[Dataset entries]
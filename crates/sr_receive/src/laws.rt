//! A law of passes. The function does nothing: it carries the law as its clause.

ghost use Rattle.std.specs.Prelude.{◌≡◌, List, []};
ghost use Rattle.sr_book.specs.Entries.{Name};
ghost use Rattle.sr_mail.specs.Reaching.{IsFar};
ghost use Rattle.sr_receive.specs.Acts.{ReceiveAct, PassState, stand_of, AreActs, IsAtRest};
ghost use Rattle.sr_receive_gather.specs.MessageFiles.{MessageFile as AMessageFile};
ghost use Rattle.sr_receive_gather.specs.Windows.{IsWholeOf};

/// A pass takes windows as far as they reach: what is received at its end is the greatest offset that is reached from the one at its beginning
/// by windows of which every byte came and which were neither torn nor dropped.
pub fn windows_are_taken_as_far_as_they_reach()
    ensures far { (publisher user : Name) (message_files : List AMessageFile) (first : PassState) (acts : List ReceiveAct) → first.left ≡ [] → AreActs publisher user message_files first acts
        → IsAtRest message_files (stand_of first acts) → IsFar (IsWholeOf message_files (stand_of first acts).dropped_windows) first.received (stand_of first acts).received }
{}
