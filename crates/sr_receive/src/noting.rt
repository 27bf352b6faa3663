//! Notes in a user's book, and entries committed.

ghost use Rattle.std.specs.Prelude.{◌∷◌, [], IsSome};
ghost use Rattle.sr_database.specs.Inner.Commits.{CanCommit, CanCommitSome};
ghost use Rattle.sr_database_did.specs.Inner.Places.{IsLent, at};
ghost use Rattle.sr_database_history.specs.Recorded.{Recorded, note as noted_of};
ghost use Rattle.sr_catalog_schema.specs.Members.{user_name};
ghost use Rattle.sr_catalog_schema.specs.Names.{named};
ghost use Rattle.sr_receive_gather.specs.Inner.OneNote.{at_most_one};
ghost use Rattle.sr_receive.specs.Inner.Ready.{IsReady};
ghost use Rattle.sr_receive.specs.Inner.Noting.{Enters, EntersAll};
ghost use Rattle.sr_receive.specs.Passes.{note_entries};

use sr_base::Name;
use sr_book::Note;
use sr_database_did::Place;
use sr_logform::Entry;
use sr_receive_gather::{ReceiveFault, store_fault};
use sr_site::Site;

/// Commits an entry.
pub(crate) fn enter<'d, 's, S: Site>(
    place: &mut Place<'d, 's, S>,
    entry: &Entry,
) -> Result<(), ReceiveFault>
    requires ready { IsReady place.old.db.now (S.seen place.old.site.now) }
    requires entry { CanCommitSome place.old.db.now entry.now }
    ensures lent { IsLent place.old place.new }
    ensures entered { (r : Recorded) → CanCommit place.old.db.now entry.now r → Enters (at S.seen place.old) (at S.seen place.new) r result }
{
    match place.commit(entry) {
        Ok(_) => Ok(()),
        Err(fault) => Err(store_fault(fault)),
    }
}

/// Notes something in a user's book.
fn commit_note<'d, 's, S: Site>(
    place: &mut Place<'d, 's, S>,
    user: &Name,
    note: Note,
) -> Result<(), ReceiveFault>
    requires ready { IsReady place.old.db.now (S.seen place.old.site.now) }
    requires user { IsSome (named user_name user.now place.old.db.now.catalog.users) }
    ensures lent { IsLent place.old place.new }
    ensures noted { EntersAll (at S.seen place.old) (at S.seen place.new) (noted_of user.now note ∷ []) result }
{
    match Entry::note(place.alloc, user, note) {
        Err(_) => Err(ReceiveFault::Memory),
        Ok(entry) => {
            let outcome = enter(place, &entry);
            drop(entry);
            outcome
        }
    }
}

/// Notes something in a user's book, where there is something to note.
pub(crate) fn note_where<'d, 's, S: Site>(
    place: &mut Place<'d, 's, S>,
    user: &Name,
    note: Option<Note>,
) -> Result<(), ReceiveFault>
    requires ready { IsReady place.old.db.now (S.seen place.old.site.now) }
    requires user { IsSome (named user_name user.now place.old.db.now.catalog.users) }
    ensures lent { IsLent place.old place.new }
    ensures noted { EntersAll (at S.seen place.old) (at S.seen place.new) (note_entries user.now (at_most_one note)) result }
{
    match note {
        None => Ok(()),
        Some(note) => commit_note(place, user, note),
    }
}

* [ABOUT THIS EXERCISE]: Produce the number of lines in the data containing the string "outcome", with nothing added.

* [RESULT OF THE TASK]: 2